On the other hand, Kellner's multiperspectival approach,
adopted from principles laid down by Nietzsche and Foucault, may
contain the capacity to better explain the cultural and political
conditions of media than the ideologically limited approaches
taken by the Frankfurt or British schools. The question becomes
whether appropriating so much machinery proves its worth in
explanatory power.
4 Politics As Entertainment
Reflecting on the use of television
and radio to document
the proceedings of Germany's parliament, Jurgen Habermas says
that through these two media, the debates "are stylized into a
show. Publicity loses its critical function in favor of a staged
display."7 Such staged displays, put on to achieve political ends
through the format of entertainment, have become the norm of 20th
century American political life.
Staged displays continue unabashedly today. In fact, they have
only worsened: the media's presentation of politics has moved
beyond the stage to the stadium. In its mildest forms, the press
displays politics as an absurd production unfolding on a stage
for entertainment. At is worst,
however, politics is
covered like
a major sporting event. "For the American media in the 1990s,
public life is sports. The entire press has become the sports
page," James Fallows writes in Breaking the
News: How the Media
Undermine American Democracy.8
During the 1980s, some critics of the media, most notably Noam
Chomsky, argued that the press emphasized coverage of sports to
deliberately divert the public's attention from political issues.
If that is so, then the print media's coverage of politics as
sports during the 1990s has taken Chomsky's characterization to
its logical extreme, with the result being that the public is,
indeed, diverted from the issues behind the game.
Chomsky's instrumentalist view offers an explanation of why
the press covers politics as a sporting event. Fallows, too, has
an explanation: "Much of today's press acts as if, down deep,
they believe that none of it matters in public life." This
indifference, Fallows continues, manifests itself in "the
instinct of reporters to skip past the consequences of any trend
or event and focus instead on how the game was played."9
The consequences of treating politics as a game, as
entertainment, are severe. In Habermas's view, the press is an
important port of call in the public sphere. When the press turns
away from the concerns of citizens, it closes important access to
political life. Without a public political sphere, where all the
policies that affect the populace are debated and discussed,
democracy ceases to have meaning. Fallows agrees: "A relentless
emphasis on the cynical game of politics threatens public life
itself, by implying that the political sphere is mainly an arena
in which ambitious politicians struggle for dominance, rather
than a structure in which citizens can deal with worrisome
collective problems."10
And what's more, I want to add, is that the focus on the game
of politics erects an artificial barrier between citizens and the
public political sphere, fanning the feeling of helplessness,
impotence, and lack of influence over the politics that directly
affect their lives. Focusing on the game of politics exacerbates
the citizen's profound sense that regardless of what he or she
does, nothing will change.
In Breaking the News, Fallows argues that the failure of the
press to engage the public in political life underlies much that
is wrong with the relationship between the media and politics in
the United States. The result, Fallows says, is "fatalistic
disengagement" of the public from politics.

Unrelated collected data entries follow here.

impl<J: Naming, D: Disk> Kept<J, D> {
    ghost use Rattle.std.specs.Prelude.{◌≡◌, ◌↔◌, true, false, [], ◌∷◌, None, Ok, OnErr, OnOk, IfErr, IsErrOf, IfOk, IfSome, IsTrue};
    ghost use Rattle.commit.specs.declared.error.CoreError.TheVariants.{Store};
    ghost use Rattle.vault.specs.declared.error.VaultError.TheVariants.{Halted};
    ghost use Rattle.terms.specs.declared.event.Event.TheVariants.{EnvItem, EnvTag};
    ghost use Rattle.machine.specs.Machine.{IsValueAt, RefusesItem, RefusesTag, RefusesGet, RefusesRead};
    ghost use Rattle.graph.specs.Fits.{AddressIsOf};
    ghost use Rattle.graph.specs.Graph.{EnvironmentMayGet};
    ghost use Rattle.commit.specs.Core.{graph, is_halted};
    ghost use Rattle.passes.specs.Known.{commits};
    ghost use Rattle.passes.specs.Visits.{Shows, Writes};
    ghost use Rattle.hub.specs.Opening.{AreLegalBehind, IsBehind, WasTurned, facts_behind};
    ghost use Rattle.hub.specs.Kept.{CrashLeavesHistory, HasRun, IsBusy, IsKept, LeavesAsOpened};
    ghost use Rattle.hub.specs.Ends.{AddsEnd, WritesEnd};
    ghost use Rattle.hub.specs.Replies.{Adds, AddsNoCommit, AddsNothing, MayRun, RefusesEvent, RefusesQuestion, RefusesWait, RefusesWatch, SaysHalted, Sees};
    ghost use Rattle.hub.specs.Tasks.{CallsWith, RefusesEndOf, RefusesTask};
    ghost use Rattle.instances.specs.declared.state.State.TheVariants.{Ready};
    ghost use Rattle.commit.specs.Calls.{PutsItem, PutsTag};
    ghost use Rattle.commit.specs.Gets.{Gets};
    ghost use Rattle.commit.specs.Runs.{Ends};
    ghost use Rattle.commit.specs.Came.{IsOutcomeIn, IsParkedIn};
    ghost use Rattle.commit.specs.Steps.{Claims, Moves, Parks};

    // Takes it apart.
    pub(crate) fn into_parts(self) -> (Core<D>, Desk<J>)
        ensures core { result.0 ≡ self.core }
        ensures book { result.1.book.history ≡ self.history }
        ensures kept { IsKept (HasRun D.Disk J.opening J.left J.envs) J.opening J.passes result.1 result.0 }
    {
        let Kept {
            core,
            desk,
            fillers: _,
            numbers: _,
        } = self;
        (core, desk)
    }

    /// A law, with nothing to run: what it keeps from call to call.
    pub fn is_kept(&self)
        ensures behind { IsBehind J.opening (commits self.now.history) self.now.core }
        ensures legal { AreLegalBehind J.opening (commits self.now.history) }
        ensures crash { IsTrue D.is_honest → (WasTurned J.opening → ⊥) → CrashLeavesHistory D.files J.opening self.now }
        ensures rests { IsTrue D.is_honest → LeavesAsOpened D.files J.opening J.left self.now }
        ensures settled { is_halted self.now.core ≡ false → self.now.core.in_doubt ≡ [] }
    {
        self.core.is_kept();
    }

    /// As the core's `put_item`. At `Ok` the item is made with the pass.
    pub fn put_item(
        &mut self,
        board: &Board<J>,
        pass: &mut EnvPass<J>,
        addr: Addr,
        value: i64,
    ) -> Result<(), CoreError>
        ensures core { PutsItem D.Disk self.old.core self.new.core addr value result }
        ensures history { OnOk result (Writes (EnvItem addr value ∷ []) self.old.history self.new.history pass.old pass.new) }
        ensures seen { Sees J.opening pass.old pass.new }
        ensures ok { OnOk result (Adds (EnvItem addr value ∷ []) pass.old pass.new) }
        ensures err { OnErr result (AddsNoCommit self.old self.new pass.old pass.new) }
        ensures refused { IfErr result (RefusesEvent J.opening pass.new (λ g X. RefusesItem g X addr) (EnvItem addr value)) }
    {
        facts_are_told_apart();
        facts_go_on();
        stores_go_on::<D>();
        // What is known of every pass: it has a place among those of its table.
        pass.number();
        let place = addr;
        match self.core.put_item(place, value) {
            Ok(()) => {
                record_item::<J, Brand>(board, &mut self.desk, pass, addr, value);
                self.fillers.fill_all(self.core.last_commit());
                Ok(())
            }
            Err(error) => {
                board.show(&mut self.desk, pass);
                Err(error)
            }
        }
    }

    /// As the core's `put_tag`. At `Ok` the tag is put with the pass.
    pub fn put_tag(
        &mut self,
        board: &Board<J>,
        pass: &mut EnvPass<J>,
        tag: Tag,
    ) -> Result<(), CoreError>
        ensures core { PutsTag D.Disk self.old.core self.new.core tag result }
        ensures history { OnOk result (Writes (EnvTag tag ∷ []) self.old.history self.new.history pass.old pass.new) }
        ensures seen { Sees J.opening pass.old pass.new }
        ensures ok { OnOk result (Adds (EnvTag tag ∷ []) pass.old pass.new) }
        ensures err { OnErr result (AddsNoCommit self.old self.new pass.old pass.new) }
        ensures refused { IfErr result (RefusesEvent J.opening pass.new (λ g X. RefusesTag g X tag) (EnvTag tag)) }
    {
        facts_are_told_apart();
        facts_go_on();
        stores_go_on::<D>();
        // What is known of every pass: it has a place among those of its table.
        pass.number();
        let name = tag;
        match self.core.put_tag(name) {
            Ok(()) => {
                record_tag::<J, Brand>(board, &mut self.desk, pass, tag);
                Ok(())
            }
            Err(error) => {
                board.show(&mut self.desk, pass);
                Err(error)
            }
        }
    }

    /// As the core's `get`.
    pub fn get(
        &mut self,
        board: &Board<J>,
        pass: &mut EnvPass<J>,
        addr: Addr,
    ) -> Result<Option<i64>, CoreError>
        ensures same { (self.new ≡ self.old) × Shows self.old.history pass.old pass.new }
        ensures core { Gets self.old.core (EnvironmentMayGet (graph self.old.core) addr) (RefusesGet (graph self.old.core) addr) addr result }
        ensures seen { Sees J.opening pass.old pass.new × AddsNothing pass.old pass.new }
        ensures allowed { OnOk result (EnvironmentMayGet J.opening.graph addr) }
        ensures value { IfOk result (IsValueAt (facts_behind J.opening pass.new.seen) addr) }
        ensures refused { IfErr result (RefusesQuestion (RefusesGet J.opening.graph addr)) }
    {
        let answer = self.core.get(addr);
        board.show(&mut self.desk, pass);
        answer
    }

    /// The watch that was made, on the item at this address, for whoever may get it. If the item is there, the watch has its
    /// value.
    pub fn watch(
        &mut self,
        board: &Board<J>,
        pass: &mut EnvPass<J>,
        addr: Addr,
        made: Result<(Watch, Filler), AllocError>,
    ) -> Result<Watch, CoreError>
        requires { IfOk made (λ both. both.0 ≡ None) }
        ensures same { (self.new ≡ self.old) × Shows self.old.history pass.old pass.new }
        ensures seen { Sees J.opening pass.old pass.new × AddsNothing pass.old pass.new }
        ensures allowed { OnOk result (EnvironmentMayGet J.opening.graph addr) }
        ensures fresh { IfOk result (λ watch. watch ≡ None) }
        ensures halted { IsErrOf result (Store Halted) ↔ (is_halted self.old.core ≡ true) }
        ensures refused { IfErr result (RefusesWatch (EnvironmentMayGet J.opening.graph addr) (RefusesGet J.opening.graph addr)) }
    {
        board.show(&mut self.desk, pass);
        let place = addr;
        match self.core.get(place) {
            Ok(value) => match watch_at(&mut self.fillers, addr, value, made) {
                Ok(watch) => Ok(watch),
                Err(_) => Err(CoreError::Store(VaultError::NoMemory)),
            },
            Err(error) => Err(error),
        }
    }

    /// As the core's `read`.
    pub fn read(
        &mut self,
        board: &Board<J>,
        pass: &mut WorkPass<J>,
        addr: Addr,
    ) -> Result<Option<i64>, CoreError>
        ensures same { (self.new ≡ self.old) × Shows self.old.history pass.old pass.new }
        ensures core { Gets self.old.core (AddressIsOf (graph self.old.core) addr) (RefusesRead (graph self.old.core) addr) addr result }
        ensures seen { Sees J.opening pass.old pass.new × AddsNothing pass.old pass.new }
        ensures allowed { OnOk result (AddressIsOf J.opening.graph addr) }
        ensures value { IfOk result (IsValueAt (facts_behind J.opening pass.new.seen) addr) }
        ensures refused { IfErr result (RefusesQuestion (RefusesRead J.opening.graph addr)) }
    {
        let answer = self.core.read(addr);
        board.show(&mut self.desk, pass);
        answer
    }

    /// As the core's `claim`. The instance is prescribed and not done in the state after what the pass has then seen.
    pub fn claim(
        &mut self,
        board: &Board<J>,
        pass: &mut WorkPass<J>,
        at: usize,
    ) -> Result<Option<Task>, CoreError>
        ensures core { Claims self.old.core self.new.core at result }
        ensures history { (self.new.history ≡ self.old.history) × Shows self.old.history pass.old pass.new }
        ensures seen { Sees J.opening pass.old pass.new × AddsNothing pass.old pass.new }
        ensures claimed { IfOk result (λ claimed. IfSome claimed (MayRun J.opening pass.new)) }
        ensures refused { IfErr result SaysHalted }
    {
        self.core.is_kept();
        let claimed = self.core.claim(at);
        board.show(&mut self.desk, pass);
        claimed
    }

    /// As the core's `park`, for a result whose reads the pass has seen.
    pub fn park(
        &mut self,
        board: &Board<J>,
        pass: &mut WorkPass<J>,
        task: Task,
        parked: &Parked<'_>,
    ) -> Result<(), TaskError>
        requires { IsParkedIn J.opening.graph (facts_behind J.opening pass.old.seen) task parked.now }
        ensures core { CallsWith self.old self.new task (Parks self.old.core self.new.core task parked.now.address) result }
        ensures history { (self.new.history ≡ self.old.history) × Shows self.old.history pass.old pass.new }
        ensures seen { Sees J.opening pass.old pass.new × AddsNothing pass.old pass.new }
        ensures refused { RefusesTask task (RefusesWait J.opening pass.new parked.now.address) result }
    {
        facts_are_told_apart();
        facts_go_on();
        results_are_meant();
        board.show(&mut self.desk, pass);
        if !self.core.runs(&task) {
            return Err(TaskError::Foreign(task));
        }
        if let Err(error) = self.core.park(task, parked) {
            return Err(TaskError::Refused(error));
        }
        Ok(())
    }

    /// As the core's `release`.
    pub fn release(
        &mut self,
        board: &Board<J>,
        pass: &mut WorkPass<J>,
        task: Task,
    ) -> Result<(), TaskError>
        ensures core { CallsWith self.old self.new task (λ answer. (answer ≡ Ok tt) × Moves self.old.core self.new.core task Ready) result }
        ensures history { (self.new.history ≡ self.old.history) × Shows self.old.history pass.old pass.new }
        ensures seen { Sees J.opening pass.old pass.new × AddsNothing pass.old pass.new }
    {
        board.show(&mut self.desk, pass);
        if !self.core.runs(&task) {
            return Err(TaskError::Foreign(task));
        }
        self.core.release(task);
        Ok(())
    }

    /// As the core's `finish`, for an outcome whose reads the pass has seen. At `Ok` the end of the instance is made with
    /// the pass.
    pub fn finish(
        &mut self,
        board: &Board<J>,
        pass: &mut WorkPass<J>,
        task: Task,
        outcome: Outcome<'_>,
    ) -> Result<Committed, TaskError>
        requires { IsOutcomeIn J.opening.graph (facts_behind J.opening pass.old.seen) task outcome }
        ensures core { CallsWith self.old self.new task (Ends D.Disk self.old.core self.new.core task outcome.entry) result }
        ensures history { IfOk result (WritesEnd task outcome.entry self.old.history self.new.history pass.old pass.new) }
        ensures seen { Sees J.opening pass.old pass.new }
        ensures ok { IfOk result (AddsEnd task outcome.entry pass.old pass.new) }
        ensures err { OnErr result (AddsNoCommit self.old self.new pass.old pass.new) }
        ensures refused { RefusesTask task (RefusesEndOf J.opening pass.new task outcome.entry) result }
    {
        facts_are_told_apart();
        facts_go_on();
        results_are_meant();
        stores_go_on::<D>();
        self.core.is_kept();
        board.show(&mut self.desk, pass);
        if !self.core.runs(&task) {
            return Err(TaskError::Foreign(task));
        }
        let instance = task.inst();
        let said = Snapshot::of(&outcome);
        let committed = match self.core.finish(task, outcome) {
            Ok(committed) => committed,
            Err(error) => return Err(TaskError::Refused(error)),
        };
        record_end::<J, Brand>(board, &mut self.desk, pass, committed, instance, &said);
        self.fillers.fill_all(self.core.last_commit());
        Ok(committed)
    }

    /// Whether an instance runs, or may be claimed.
    pub fn busy(&mut self, board: &Board<J>, pass: &mut WorkPass<J>) -> bool
        ensures says { (result ≡ true) ↔ IsBusy self.old.core }
        ensures core { self.new.core ≡ self.old.core }
        ensures history { (self.new.history ≡ self.old.history) × Shows self.old.history pass.old pass.new }
        ensures seen { Sees J.opening pass.old pass.new × AddsNothing pass.old pass.new }
    {
        board.show(&mut self.desk, pass);
        self.core.running() != 0 || self.core.may_claim()
    }
}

Perhaps here an instrumentalist would step in to say that the
press has not failed -- but in fact succeeded in its
conspiratorial move to cut the public off from political power,
thereby bolstering its own.
These observations and explanations, poignant as they are,
lead me to ask, on the one hand, how Kellner's theory accounts
for the press's treatment of politics as sports and, on the other
hand, if he better captures its causes and consequences. For, as
Kellner himself says, whether a "theory is useful can be
determined by whether it does or does not illuminate specific
phenomena."11
Beyond assuming that media texts are not merely "pure and
innocent entertainment,"12 Kellner has little to say directly
about the treatment of politics as sports. For one thing, Kellner
believes media texts are more complex than mere entertainment.
Kellner, no doubt, would reject an instrumentalist line holding
that the media conspire to cover politics as sports to
deliberately divert the public from the substance of the issues.
In fact, despite the treatment of politics as sports, Kellner
holds that "in the political sphere, media images have produced a
new sort of sound-bite politics which places the media at the
center of political life,"13 a view that clashes with Fallows'
observation that the public is fatally disengaged from political
life, largely because of the media's sound-bite politics.
The answer to my question -- how Kellner accounts for the news
media's treatment of politics as sports -- can be found in the
chapter on the 1991 war in the Persian Gulf, the chapter which
most directly deals with the news media's coverage of a political
event.
Kellner, like Fallows, sees the media covering the war as if
it were a major sporting event. Kellner, however, gives a
different explanation than Fallows. And Kellner adds another
element: The media not only covered the war like a sporting event
but became involved in the event themselves -- as cheerleaders.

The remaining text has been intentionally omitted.